Constraint definitions are persisted to the `meta` column family and survive restarts.
> **Tip:** For `UNIQUE` constraints, creating a matching property index (`CREATE INDEX ON :User(username)`) makes the uniqueness check O(log n) instead of a linear scan.
## Parameterized queries
GQL strings may contain `$name` placeholders at any expression position. Parameters are supplied at call time via the Rust API or Python bindings, preventing injection issues and enabling efficient bulk operations.
```gql
-- Named placeholder in WHERE
MATCH (n:Person) WHERE n.email = $email RETURN n.name
-- Placeholder in LIMIT
MATCH (n:Person) RETURN n.name ORDER BY n.name LIMIT $k
-- UNWIND $list AS var INSERT — bulk insert in one statement
UNWIND $names AS name INSERT (:Person {name: name})
```
**`UNWIND expr AS var INSERT (…)`** evaluates `expr` to a list and inserts the given elements once per element. The loop variable can be a plain scalar or a `Map` (dict in Python), with properties accessed via dot notation:
```gql
UNWIND $people AS p INSERT (:Person {name: p.name, age: p.age})
```
**Rust API:**
```rust
use std::collections::HashMap;
use minigdb::{query_capturing_with_params, Value};
let mut params = HashMap::new();
params.insert("email".into(), Value::String("alice@example.com".into()));
query_capturing_with_params(
"MATCH (n:Person) WHERE n.email = $email RETURN n.name",
&mut graph, &mut txn_id, params,
)?;
```
**Python API:** see [Python API → Parameterized queries](python.md#parameterized-queries).

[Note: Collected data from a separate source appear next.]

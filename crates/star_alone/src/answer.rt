//! From the bytes of a bundle to the text of its report, by the caller's own thread.

ghost use Rattle.std.specs.Prelude.{◌≡◌, ◌+◌, ◌<◌, ◌≤◌, ◌⊎◌, All, IfErr, IfOk, IfSome, Ok, length};
ghost use Rattle.star_bundle.specs.Refusal.{Gives};
ghost use Rattle.star_bundle.specs.View.{asked_view};
ghost use Rattle.star_alone.specs.Alone.{IsAnswerTo, IsAnswered, IsRefusedBy, asked_by, recording};

use crate::reading::tree_cells;
use crate::report::report_alone;
use crate::running::run_alone;
use star_bundle::bundle::{AskedFor, asked_for};
use star_bundle::error::ServeError;
use star_dialect::Mode;
use star_host::{Reads, RunError, RunOptions};
use star_outcome::shelf::Shelf;
use star_reading::record::are_recordable;
use star_report::report::all_good;
use star_report::wanted::Wanted;
use star_tree::tree::Tree;
use std::alloc::Global;
use std::hash::{DefaultHasher, Hasher};

/// The most bytes that a bundle may have.
const MOST_BYTES: usize = 268_435_456;

/// The text of a report, and whether every module of it is ok.
#[derive(Drop)]
pub struct Answered {
    pub text: Vec<u8>,
    pub all_ok: bool,
}

/// Runs the roots that are asked for over these cells, and writes the report.
fn answer_over<'t>(
    alloc: Global,
    asked: &AskedFor,
    trees: &'t Shelf<Tree>,
    reads: &mut Reads<'t>,
    mode: &Mode,
    seed: u64,
    wanted: Wanted,
) -> Result<Answered, ServeError>
    requires cells { length trees.now ≡ length asked.now.files + 1 }
    requires roots { All (λ n. n < length asked.now.files) asked.now.roots.items }
    requires prelude { IfSome asked.now.prelude (λ n. n < length asked.now.files) }
    requires steps { (1 ≤ mode.now.steps) × (mode.now.steps ≤ 100000000) }
    ensures kinds { IfErr result (λ e. (e ≡ ServeError.Memory) ⊎ (e ≡ ServeError.Unpublished)) }
    ensures ok { IfOk result (λ a. IsAnswered wanted (asked_view asked.now) mode.now a.text.items a.all_ok) }
{
    let files = &asked.files;
    let roots = asked.roots.as_slice();
    let options = RunOptions {
        roots,
        prelude: asked.prelude,
        loaders: 1,
        mode,
        seed,
        ballast: None,
    };
    let mut run = match run_alone(alloc, files, trees, reads, options) {
        Ok(run) => run,
        Err(RunError::Memory) => return Err(ServeError::Memory),
        Err(RunError::Unpublished) => return Err(ServeError::Unpublished),
    };
    let text = report_alone(alloc, files, reads, &mut run, roots, wanted)?;
    let all_ok = all_good(&mut run);
    Ok(Answered { text, all_ok })
}

/// The report of the input that is asked for, with the further members of each module that are wanted.
fn answer_asked(
    alloc: Global,
    asked: &AskedFor,
    mode: &Mode,
    seed: u64,
    wanted: Wanted,
) -> Result<Answered, ServeError>
    requires roots { All (λ n. n < length asked.now.files) asked.now.roots.items }
    requires prelude { IfSome asked.now.prelude (λ n. n < length asked.now.files) }
    requires steps { (1 ≤ mode.now.steps) × (mode.now.steps ≤ 100000000) }
    ensures kinds { IfErr result (λ e. (e ≡ ServeError.Memory) ⊎ (e ≡ ServeError.Unpublished)) }
    ensures ok { IfOk result (λ a. IsAnswered wanted (asked_view asked.now) mode.now a.text.items a.all_ok) }
{
    let trees = tree_cells(alloc, &asked.files)?;
    let mut reads = Reads::new(alloc);
    answer_over(alloc, asked, &trees, &mut reads, mode, seed, wanted)
}

/// The seed for the hashes of keys, drawn from the input: to choose keys that all collide, one must know the input that
/// they are a part of.
fn seed_of(bytes: &[u8]) -> u64 {
    let mut hasher = DefaultHasher::new();
    hasher.write(bytes);
    hasher.finish()
}

/// The input, by the bytes of a bundle and the words of the roots and the prelude. `TooBig` if there are too many bytes.
#[tactic(auto, unfolding(crate::specs::Alone::asked_within))]
fn input_of(
    alloc: Global,
    bytes: &[u8],
    roots: &[String],
    prelude: Option<&String>,
) -> Result<AskedFor, ServeError>
    ensures asked { Gives asked_view result (asked_by roots.now prelude.entry bytes.now) }
    ensures roots { IfOk result (λ a. All (λ n. n < length a.files) a.roots.items) }
    ensures prelude { IfOk result (λ a. IfSome a.prelude (λ n. n < length a.files)) }
{
    if bytes.len() > MOST_BYTES {
        return Err(ServeError::TooBig);
    }
    asked_for(alloc, bytes, roots, prelude)
}

/// The report of the bundle with these bytes, for these roots and this prelude, with the further members of each module
/// that are wanted. `mode` has the steps that each body may take, from 1 to 100,000,000, and the language. All is done by
/// the caller's own thread, and all memory but the text's is back when it returns.
///
/// The rules are in `docs/USING.md`: what a bundle is, the refusals in their order, and the report. `TooBig` if there
/// are more than 268,435,456 bytes, before all other refusals.
pub fn answer_alone(
    alloc: Global,
    bytes: &[u8],
    roots: &[String],
    prelude: Option<&String>,
    mode: &Mode,
    wanted: Wanted,
) -> Result<Answered, ServeError>
    requires steps { (1 ≤ mode.now.steps) × (mode.now.steps ≤ 100000000) }

    // The bytes are a bundle that has each root and the prelude. The text is its report, and the answer is whether each
    // module of it is ok.
    ensures ok { IfOk result (λ a.
        IsAnswerTo (recording mode.now (asked_by roots.now prelude.entry bytes.now)) wanted mode.now
        a.text.items a.all_ok) }

    // The refusal is the first that the rules give, or an allocation failed, or a module was not published.
    ensures refused { IfErr result (IsRefusedBy (recording mode.now (asked_by roots.now prelude.entry bytes.now))) }
{
    let asked = match input_of(alloc, bytes, roots, prelude) {
        Ok(asked) => asked,
        Err(error) => return Err(error),
    };
    if !are_recordable(mode.language.recorded.names()) {
        return Err(ServeError::BadRecord);
    }
    match answer_asked(alloc, &asked, mode, seed_of(bytes), wanted) {
        Ok(answered) => Ok(answered),
        Err(error) => Err(error),
    }
}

A missing parameter evaluates to `null` (and is falsy in `WHERE`), so omitting a param produces no matches rather than an error.
## Explicit transactions
```
BEGIN
INSERT (:Person {name: "Dave", age: 40})
INSERT (:Person {name: "Eve", age: 22})
MATCH (a:Person {name: "Dave"}), (b:Person {name: "Eve"})
INSERT (a)-[:KNOWS]->(b)
COMMIT
```
- `BEGIN` — starts a transaction. The REPL prompt changes to `txn>`.
- `COMMIT` — writes all staged operations to the WAL as one atomic frame.
- `ROLLBACK` — discards all changes since `BEGIN` and restores the prior state.
Each statement inside a transaction is applied to the in-memory graph immediately (so a `MATCH` can see nodes inserted earlier in the same transaction), but nothing is written to the WAL until `COMMIT`.